---- Records shown
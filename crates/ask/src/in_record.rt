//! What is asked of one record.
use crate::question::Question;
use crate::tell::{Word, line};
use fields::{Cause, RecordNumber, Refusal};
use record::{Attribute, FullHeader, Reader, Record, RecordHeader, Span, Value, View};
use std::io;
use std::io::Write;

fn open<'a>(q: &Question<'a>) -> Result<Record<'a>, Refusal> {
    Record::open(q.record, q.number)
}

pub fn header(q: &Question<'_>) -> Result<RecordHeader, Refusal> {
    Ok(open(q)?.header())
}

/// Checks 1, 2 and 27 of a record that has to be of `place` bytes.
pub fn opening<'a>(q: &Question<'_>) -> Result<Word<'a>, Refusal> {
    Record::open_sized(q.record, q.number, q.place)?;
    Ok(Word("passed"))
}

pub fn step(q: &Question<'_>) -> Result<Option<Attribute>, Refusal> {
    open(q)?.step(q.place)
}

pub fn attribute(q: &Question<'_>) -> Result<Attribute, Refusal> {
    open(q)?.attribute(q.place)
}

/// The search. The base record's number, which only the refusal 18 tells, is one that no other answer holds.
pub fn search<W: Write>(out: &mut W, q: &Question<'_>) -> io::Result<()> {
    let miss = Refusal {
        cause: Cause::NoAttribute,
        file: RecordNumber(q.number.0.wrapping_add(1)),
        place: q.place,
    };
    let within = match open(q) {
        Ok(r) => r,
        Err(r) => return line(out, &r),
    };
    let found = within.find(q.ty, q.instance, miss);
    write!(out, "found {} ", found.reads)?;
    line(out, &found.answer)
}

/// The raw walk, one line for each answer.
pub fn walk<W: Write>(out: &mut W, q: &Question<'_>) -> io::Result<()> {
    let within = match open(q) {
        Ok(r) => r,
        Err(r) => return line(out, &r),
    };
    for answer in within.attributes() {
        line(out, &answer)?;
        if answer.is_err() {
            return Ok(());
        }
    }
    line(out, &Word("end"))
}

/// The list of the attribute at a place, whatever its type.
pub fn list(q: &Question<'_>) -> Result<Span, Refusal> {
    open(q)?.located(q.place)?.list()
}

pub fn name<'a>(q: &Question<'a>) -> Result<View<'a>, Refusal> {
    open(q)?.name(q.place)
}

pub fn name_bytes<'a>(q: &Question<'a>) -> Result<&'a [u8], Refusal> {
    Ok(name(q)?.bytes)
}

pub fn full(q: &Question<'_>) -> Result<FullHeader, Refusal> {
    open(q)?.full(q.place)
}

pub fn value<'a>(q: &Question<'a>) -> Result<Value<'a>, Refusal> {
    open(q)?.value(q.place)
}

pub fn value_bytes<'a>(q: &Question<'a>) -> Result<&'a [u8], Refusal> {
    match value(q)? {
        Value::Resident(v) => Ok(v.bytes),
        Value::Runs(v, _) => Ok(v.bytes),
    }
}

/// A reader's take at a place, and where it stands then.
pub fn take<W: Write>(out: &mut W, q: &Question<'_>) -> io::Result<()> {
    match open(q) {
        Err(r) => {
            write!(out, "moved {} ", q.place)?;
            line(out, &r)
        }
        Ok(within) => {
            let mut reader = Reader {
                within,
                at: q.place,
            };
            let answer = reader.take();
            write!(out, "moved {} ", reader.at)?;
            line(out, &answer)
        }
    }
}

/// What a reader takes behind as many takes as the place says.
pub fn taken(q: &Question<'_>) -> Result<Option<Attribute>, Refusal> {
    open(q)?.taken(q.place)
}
--------
---- Records shown
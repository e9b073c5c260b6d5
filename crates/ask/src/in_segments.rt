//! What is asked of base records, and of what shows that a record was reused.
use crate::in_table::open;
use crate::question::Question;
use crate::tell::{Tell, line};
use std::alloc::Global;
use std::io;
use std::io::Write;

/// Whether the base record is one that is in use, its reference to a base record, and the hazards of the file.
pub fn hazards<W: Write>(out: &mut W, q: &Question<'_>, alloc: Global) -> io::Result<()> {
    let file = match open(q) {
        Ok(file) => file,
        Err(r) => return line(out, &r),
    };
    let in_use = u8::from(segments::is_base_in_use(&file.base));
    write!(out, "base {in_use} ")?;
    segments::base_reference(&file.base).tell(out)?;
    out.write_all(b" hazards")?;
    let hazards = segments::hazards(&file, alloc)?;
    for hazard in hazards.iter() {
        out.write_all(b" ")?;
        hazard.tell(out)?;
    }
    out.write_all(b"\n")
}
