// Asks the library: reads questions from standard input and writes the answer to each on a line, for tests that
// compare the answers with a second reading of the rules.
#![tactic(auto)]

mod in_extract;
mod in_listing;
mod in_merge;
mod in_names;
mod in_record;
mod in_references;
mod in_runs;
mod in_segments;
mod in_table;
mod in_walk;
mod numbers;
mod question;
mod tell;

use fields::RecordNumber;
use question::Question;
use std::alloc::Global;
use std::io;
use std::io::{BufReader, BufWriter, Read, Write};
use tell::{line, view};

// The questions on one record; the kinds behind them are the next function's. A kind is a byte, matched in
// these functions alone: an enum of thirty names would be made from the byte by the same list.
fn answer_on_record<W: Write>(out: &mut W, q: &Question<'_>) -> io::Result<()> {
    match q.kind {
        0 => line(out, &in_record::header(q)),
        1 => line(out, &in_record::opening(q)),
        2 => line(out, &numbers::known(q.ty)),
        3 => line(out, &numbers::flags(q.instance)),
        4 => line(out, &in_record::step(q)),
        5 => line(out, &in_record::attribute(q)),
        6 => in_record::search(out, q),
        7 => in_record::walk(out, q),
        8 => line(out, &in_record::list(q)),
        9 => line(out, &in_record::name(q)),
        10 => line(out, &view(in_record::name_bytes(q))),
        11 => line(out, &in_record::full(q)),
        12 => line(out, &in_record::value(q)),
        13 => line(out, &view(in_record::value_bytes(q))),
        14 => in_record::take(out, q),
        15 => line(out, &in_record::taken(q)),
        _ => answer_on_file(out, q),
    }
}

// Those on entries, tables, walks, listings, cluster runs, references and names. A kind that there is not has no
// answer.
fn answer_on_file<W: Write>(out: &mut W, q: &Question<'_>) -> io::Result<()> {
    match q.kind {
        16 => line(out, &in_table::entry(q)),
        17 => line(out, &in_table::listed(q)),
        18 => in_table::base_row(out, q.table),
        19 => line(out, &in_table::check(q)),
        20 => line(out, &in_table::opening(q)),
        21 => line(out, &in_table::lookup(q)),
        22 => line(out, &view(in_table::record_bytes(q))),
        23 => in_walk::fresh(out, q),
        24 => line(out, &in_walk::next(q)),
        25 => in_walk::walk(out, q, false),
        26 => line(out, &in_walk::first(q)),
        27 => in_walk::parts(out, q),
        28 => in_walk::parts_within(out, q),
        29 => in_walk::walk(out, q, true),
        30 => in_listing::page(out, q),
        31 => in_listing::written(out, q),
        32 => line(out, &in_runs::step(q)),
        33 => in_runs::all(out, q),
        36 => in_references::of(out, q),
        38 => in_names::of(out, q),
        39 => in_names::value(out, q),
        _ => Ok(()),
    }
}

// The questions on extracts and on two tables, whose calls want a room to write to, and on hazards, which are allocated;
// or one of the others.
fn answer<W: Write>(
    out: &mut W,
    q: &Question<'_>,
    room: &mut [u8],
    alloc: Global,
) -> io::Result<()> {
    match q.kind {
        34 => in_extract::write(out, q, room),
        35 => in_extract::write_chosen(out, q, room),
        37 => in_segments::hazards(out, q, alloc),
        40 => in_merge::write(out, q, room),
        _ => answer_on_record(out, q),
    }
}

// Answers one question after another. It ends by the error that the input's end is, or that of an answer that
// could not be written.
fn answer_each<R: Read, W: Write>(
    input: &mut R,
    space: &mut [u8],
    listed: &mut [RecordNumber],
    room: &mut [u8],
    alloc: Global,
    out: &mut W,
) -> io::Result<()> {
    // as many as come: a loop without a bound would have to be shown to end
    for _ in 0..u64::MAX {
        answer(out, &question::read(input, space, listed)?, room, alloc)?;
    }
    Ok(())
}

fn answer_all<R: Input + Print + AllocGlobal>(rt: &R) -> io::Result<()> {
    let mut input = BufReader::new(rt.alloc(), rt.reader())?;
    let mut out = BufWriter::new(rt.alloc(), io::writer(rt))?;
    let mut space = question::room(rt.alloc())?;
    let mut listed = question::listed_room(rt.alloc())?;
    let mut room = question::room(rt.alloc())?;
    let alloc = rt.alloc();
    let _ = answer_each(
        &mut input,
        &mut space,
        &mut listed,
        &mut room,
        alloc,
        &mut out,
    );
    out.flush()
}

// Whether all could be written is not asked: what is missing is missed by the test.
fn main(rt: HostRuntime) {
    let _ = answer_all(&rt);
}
--------
---- Records shown
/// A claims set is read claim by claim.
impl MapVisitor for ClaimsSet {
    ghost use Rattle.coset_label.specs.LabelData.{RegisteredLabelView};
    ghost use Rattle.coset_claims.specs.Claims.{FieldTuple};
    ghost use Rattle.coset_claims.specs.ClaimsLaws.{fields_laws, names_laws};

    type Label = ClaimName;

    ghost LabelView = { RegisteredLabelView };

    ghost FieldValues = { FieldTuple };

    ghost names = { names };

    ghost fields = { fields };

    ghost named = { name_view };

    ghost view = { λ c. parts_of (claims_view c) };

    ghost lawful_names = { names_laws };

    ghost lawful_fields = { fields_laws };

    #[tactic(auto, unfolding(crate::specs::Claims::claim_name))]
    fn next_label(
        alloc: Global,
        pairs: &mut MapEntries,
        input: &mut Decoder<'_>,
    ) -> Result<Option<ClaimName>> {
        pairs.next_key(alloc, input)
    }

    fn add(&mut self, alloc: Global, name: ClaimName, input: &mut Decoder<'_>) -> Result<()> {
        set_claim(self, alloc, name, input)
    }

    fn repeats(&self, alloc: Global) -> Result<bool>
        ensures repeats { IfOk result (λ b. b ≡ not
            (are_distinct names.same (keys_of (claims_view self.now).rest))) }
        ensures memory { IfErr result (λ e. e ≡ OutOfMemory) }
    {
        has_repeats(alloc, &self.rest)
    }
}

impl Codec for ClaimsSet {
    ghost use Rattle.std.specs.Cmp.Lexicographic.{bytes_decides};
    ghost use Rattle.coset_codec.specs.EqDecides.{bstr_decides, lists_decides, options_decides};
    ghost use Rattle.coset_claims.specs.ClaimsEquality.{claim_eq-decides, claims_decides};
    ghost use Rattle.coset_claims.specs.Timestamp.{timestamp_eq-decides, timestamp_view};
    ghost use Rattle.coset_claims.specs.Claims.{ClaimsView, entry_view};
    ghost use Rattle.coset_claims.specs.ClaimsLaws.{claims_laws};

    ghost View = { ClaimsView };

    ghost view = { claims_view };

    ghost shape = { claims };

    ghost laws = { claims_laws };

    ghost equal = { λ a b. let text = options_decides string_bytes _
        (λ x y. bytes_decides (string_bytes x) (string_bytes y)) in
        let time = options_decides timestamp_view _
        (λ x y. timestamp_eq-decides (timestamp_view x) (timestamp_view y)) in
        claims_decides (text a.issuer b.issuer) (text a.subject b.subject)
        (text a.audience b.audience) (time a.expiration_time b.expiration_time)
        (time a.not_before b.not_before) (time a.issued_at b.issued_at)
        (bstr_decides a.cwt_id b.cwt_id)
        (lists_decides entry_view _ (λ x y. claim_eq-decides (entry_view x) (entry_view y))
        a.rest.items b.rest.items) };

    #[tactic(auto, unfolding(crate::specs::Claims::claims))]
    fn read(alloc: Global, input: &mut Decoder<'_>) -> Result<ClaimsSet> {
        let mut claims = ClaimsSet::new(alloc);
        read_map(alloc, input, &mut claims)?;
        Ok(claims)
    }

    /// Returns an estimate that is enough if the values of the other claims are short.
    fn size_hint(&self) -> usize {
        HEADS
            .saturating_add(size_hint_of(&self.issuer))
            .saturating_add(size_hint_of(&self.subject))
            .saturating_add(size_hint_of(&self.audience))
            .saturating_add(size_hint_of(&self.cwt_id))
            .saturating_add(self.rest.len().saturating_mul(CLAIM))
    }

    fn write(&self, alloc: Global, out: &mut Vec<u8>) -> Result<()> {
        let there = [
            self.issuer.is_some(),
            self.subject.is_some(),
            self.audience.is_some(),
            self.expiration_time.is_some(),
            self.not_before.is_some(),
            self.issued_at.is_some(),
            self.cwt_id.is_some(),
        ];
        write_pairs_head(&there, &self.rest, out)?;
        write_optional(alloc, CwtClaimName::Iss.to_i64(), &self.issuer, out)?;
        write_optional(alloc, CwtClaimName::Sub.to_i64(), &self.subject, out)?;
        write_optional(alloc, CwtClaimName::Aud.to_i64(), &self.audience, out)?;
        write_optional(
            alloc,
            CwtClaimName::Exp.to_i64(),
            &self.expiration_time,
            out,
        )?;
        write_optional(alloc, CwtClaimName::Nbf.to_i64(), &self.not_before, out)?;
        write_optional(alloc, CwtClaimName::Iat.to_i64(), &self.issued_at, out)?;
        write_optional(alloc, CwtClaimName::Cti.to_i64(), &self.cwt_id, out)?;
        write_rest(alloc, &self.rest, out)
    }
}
--------
Pull every line containing the word "impl" out of the listing.

impl MapVisitor for ClaimsSet {
impl Codec for ClaimsSet {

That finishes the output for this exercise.